Este cambio en tus uñas puede ser un signo de una enfermedad oculta

Según una revisión científica, un sutil cambio en las uñas podría estar relacionado con enfermedades cardiovasculares, hepáticas o autoinmunes.

Uñas iStock

Las uñas pueden revelar pistas sobre nuestro estado de salud y, en algunos casos, problemas que aún no han dado síntomas. Un nuevo estudio advierte de que las lúnulas rojas podrían estar relacionadas con enfermedades cardiovasculares, hepáticas o autoinmunes.

La investigación, publicada en la revista American Journal of the Medical Sciences, ha revisado décadas de estudios de casos y concluye que este signo poco frecuente puede estar asociado con afecciones como la insuficiencia cardíaca, la cirrosis hepática, la artritis reumatoide o determinadas enfermedades del tejido conectivo.

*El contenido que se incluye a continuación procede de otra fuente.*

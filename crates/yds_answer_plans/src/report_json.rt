//! `report --json`: the levels of a plan of the document's jobs as a line of JSON.
ghost use Rattle.std.specs.Prelude.{IfOk};
ghost use Rattle.yds_model.specs.JsonAnswer.{JsonAnswer};
ghost use Rattle.yds_answer.specs.Endings.{Replies};
ghost use Rattle.yds_model.specs.Answer.{AnswersQuestion};
ghost use Rattle.yds_model.specs.Request.{AskReportAsJson};
ghost use Rattle.document_value.specs.Documents.{document_view};
ghost use Rattle.yds_answer_plans.specs.ReportJson.{json_text};

use document_value::Document;
use std::alloc::Global;
use yds_answer::{Answer, reply};
use yds_model::{Memory, Status};
use yds_plan::plan_levels;
use yds_port::{Sink, WriteFault, write_all};
use yds_report::json;

/// A report as a line of JSON, which is made before it is written.
#[derive(Drop)]
pub struct JsonReport {
    text: Vec<u8>,
}

impl Answer for JsonReport {
    ghost use Rattle.base.specs.declared.status.Status.TheVariants as statuses;
    ghost use Rattle.yds_answer_plans.specs.ReportJson.{json_text};

    ghost text = { json_text };

    ghost ends = { λ _. statuses.Done };

    fn status(&self) -> Status {
        Status::Done
    }

    fn write<K: Sink>(&self, sink: &mut K) -> Result<(), WriteFault> {
        write_all(sink, &self.text)
    }
}

/// Answers with a plan of the document's jobs as JSON.
pub fn answer_report_as_json<K: Sink>(alloc: Global, document: Document<'_>, sink: &mut K) -> Status
    ensures { Replies K.written K.flushed K.flushes K.faults (AnswersQuestion AskReportAsJson (document_view document.entry)) result sink.old sink.new }
{
    reply(json_document(alloc, &document), sink)
}

/// Plans the document's jobs, and tells the plan's levels as JSON.
fn json_document(alloc: Global, document: &Document<'_>) -> Result<JsonReport, Memory>
    ensures { IfOk result (λ report. JsonAnswer (document_view document.now) (json_text report) Status.Done) }
{
    let certificate = plan_levels(alloc, document.instance.rows())?;
    let text = json(alloc, document, &certificate)?;
    Ok(JsonReport { text })
}
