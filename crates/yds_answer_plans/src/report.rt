//! `report`: the levels of a plan of the document's jobs as a table.
ghost use Rattle.std.specs.Prelude.{IfOk};
ghost use Rattle.yds_model.specs.ReportAnswer.{ReportAnswer};
ghost use Rattle.yds_answer.specs.Endings.{Replies};
ghost use Rattle.yds_model.specs.Answer.{AnswersQuestion};
ghost use Rattle.yds_model.specs.Request.{AskReport};
ghost use Rattle.document_value.specs.Documents.{document_view};
ghost use Rattle.yds_answer_plans.specs.Report.{table_text};

use document_value::Document;
use std::alloc::Global;
use yds_answer::{Answer, reply};
use yds_certificate::Certificate;
use yds_model::{Memory, Status};
use yds_plan::plan_levels;
use yds_port::{Sink, WriteFault};
use yds_report::report;

/// The levels of a plan of a document's jobs, to be told as a table.
#[derive(Drop)]
pub struct PlanTable<'a> {
    document: Document<'a>,
    certificate: Certificate,
}

impl Answer for PlanTable<'_> {
    ghost use Rattle.base.specs.declared.status.Status.TheVariants as statuses;
    ghost use Rattle.yds_answer_plans.specs.Report.{table_text};

    ghost text = { table_text };

    ghost ends = { λ _. statuses.Done };

    fn status(&self) -> Status {
        Status::Done
    }

    fn write<K: Sink>(&self, sink: &mut K) -> Result<(), WriteFault> {
        report(&self.document, &self.certificate, sink)
    }
}

/// Answers with the table of a plan of the document's jobs.
pub fn answer_report<K: Sink>(alloc: Global, document: Document<'_>, sink: &mut K) -> Status
    ensures { Replies K.written K.flushed K.flushes K.faults (AnswersQuestion AskReport (document_view document.entry)) result sink.old sink.new }
{
    reply(report_document(alloc, document), sink)
}

/// Plans the document's jobs, for a table of the plan's levels.
fn report_document<'a>(alloc: Global, document: Document<'a>) -> Result<PlanTable<'a>, Memory>
    ensures { IfOk result (λ table. ReportAnswer (document_view document.entry) (table_text table) Status.Done) }
{
    let certificate = plan_levels(alloc, document.instance.rows())?;
    Ok(PlanTable {
        document,
        certificate,
    })
}
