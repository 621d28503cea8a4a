// Theorems on the dual of an order by the trace form.
ghost use Rattle.std.specs.Prelude.{◌≡◌, ℕ};
ghost use Rattle.std.specs.Int.{◌∣◌};
ghost use Rattle.theory_rings.specs.Power.{times};
ghost use Rattle.theory_rings.specs.Prime.{IsPrime};
ghost use Rattle.theory_spaces.specs.Algebra.{Central, Nondegenerate};
ghost use Rattle.theory_orders.specs.DualLaws.{DimensionIsUnit, OrderInDual, DoubleDual, DualShrinks, GrowthByTwo};
ghost use Rattle.theory_orders.specs.DualLaws.{LengthBounded, UnimodularSelfDual, SimpleSelfDual, SelfDualOrRamified};

use crate::order_laws::PlacedAlgebra;

/// An order lies in its dual: the traces of its products are integral.
pub fn order_lies_in_its_dual<A: PlacedAlgebra>()
    ensures { OrderInDual A.field A.valuation A.algebra A.dimension A.basis }
{}

/// Where the trace form is nondegenerate, the dual of the dual of a lattice of full rank is the lattice, a larger
/// lattice has a smaller dual, and the length of the dual over the order is bounded, and less by at least two for a
/// larger order.
pub fn growth_shrinks_the_dual<A: PlacedAlgebra>()
    ensures double { Nondegenerate A.algebra A.dimension A.basis
        → DoubleDual A.field A.valuation A.algebra A.dimension A.basis }
    ensures shrinks { Nondegenerate A.algebra A.dimension A.basis
        → DualShrinks A.field A.valuation A.algebra A.dimension A.basis }
    ensures bounded { Nondegenerate A.algebra A.dimension A.basis
        → LengthBounded A.field A.valuation A.algebra A.dimension A.basis }
    ensures by_two { Nondegenerate A.algebra A.dimension A.basis
        → GrowthByTwo A.field A.valuation A.algebra A.dimension A.basis }
{}

/// An order with a unimodular trace form is its dual.
pub fn unimodular_order_is_its_dual<A: PlacedAlgebra>()
    ensures { UnimodularSelfDual A.field A.valuation A.algebra A.dimension A.basis }
{}

/// Where the dimension is a unit, as it is where the characteristic does not divide it, an order Λ with a simple
/// quotient Λ/p·Λ is its dual. Where also the centre is the scalars and no maximal ideal over p·Λ has a larger left
/// order, Λ is its dual, or it is ramified with its radical.
pub fn self_dual_where_nothing_grows<A: PlacedAlgebra>()
    ensures simple { DimensionIsUnit A.field A.valuation A.algebra A.dimension A.basis
        → SimpleSelfDual A.field A.valuation A.algebra A.dimension A.basis A.p }
    ensures settled { DimensionIsUnit A.field A.valuation A.algebra A.dimension A.basis → Central A.algebra
        → SelfDualOrRamified A.field A.valuation A.algebra A.dimension A.basis A.p }
    ensures characteristic { (c : ℕ) → IsPrime c → times A.field.monoid c A.field.one ≡ A.field.zero
        → (c ∣ A.dimension → ⊥)
        → DimensionIsUnit A.field A.valuation A.algebra A.dimension A.basis }
{}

Las lúnulas son las pequeñas zonas blanquecinas con forma de media luna que aparecen en la base de las uñas, especialmente visibles en los pulgares. Su función es producir nuevas células de queratina, que formarán el resto de la uña.

Uñas quebradizas | iStock

Lo habitual es que sean blancas, pero en raras ocasiones pueden adquirir un tono rojizo. Los investigadores creen que este cambio podría deberse a una dilatación de los pequeños vasos sanguíneos situados bajo la uña, lo que aumentaría el flujo de sangre en esa zona.

Aunque la causa exacta todavía no está clara, los expertos consideran que este fenómeno podría reflejar la presencia de una enfermedad en otra parte del organismo.

La revisión científica señala que las lúnulas rojas aparecen con mayor frecuencia en personas con:

  • Enfermedades cardiovasculares.
  • Cirrosis y otros trastornos hepáticos.
  • Enfermedades autoinmunes, como la artritis reumatoide.
  • Trastornos reumatológicos.
  • Enfermedades del tejido conectivo.

También se han descrito casos asociados a alopecia areata o intoxicación por monóxido de carbono.

Los investigadores destacan que la presencia de lúnulas rojas en varias uñas a la vez aumenta la probabilidad de que exista un problema de salud sistémico. Si el enrojecimiento aparece solo en una uña, es más frecuente que se deba a una alteración local, como una infección, un hematoma o un tumor bajo la uña.

El estudio también menciona una sencilla prueba: al presionar la lúnula roja, esta puede volverse blanca temporalmente, lo que apoyaría la hipótesis de que el origen está en una alteración vascular.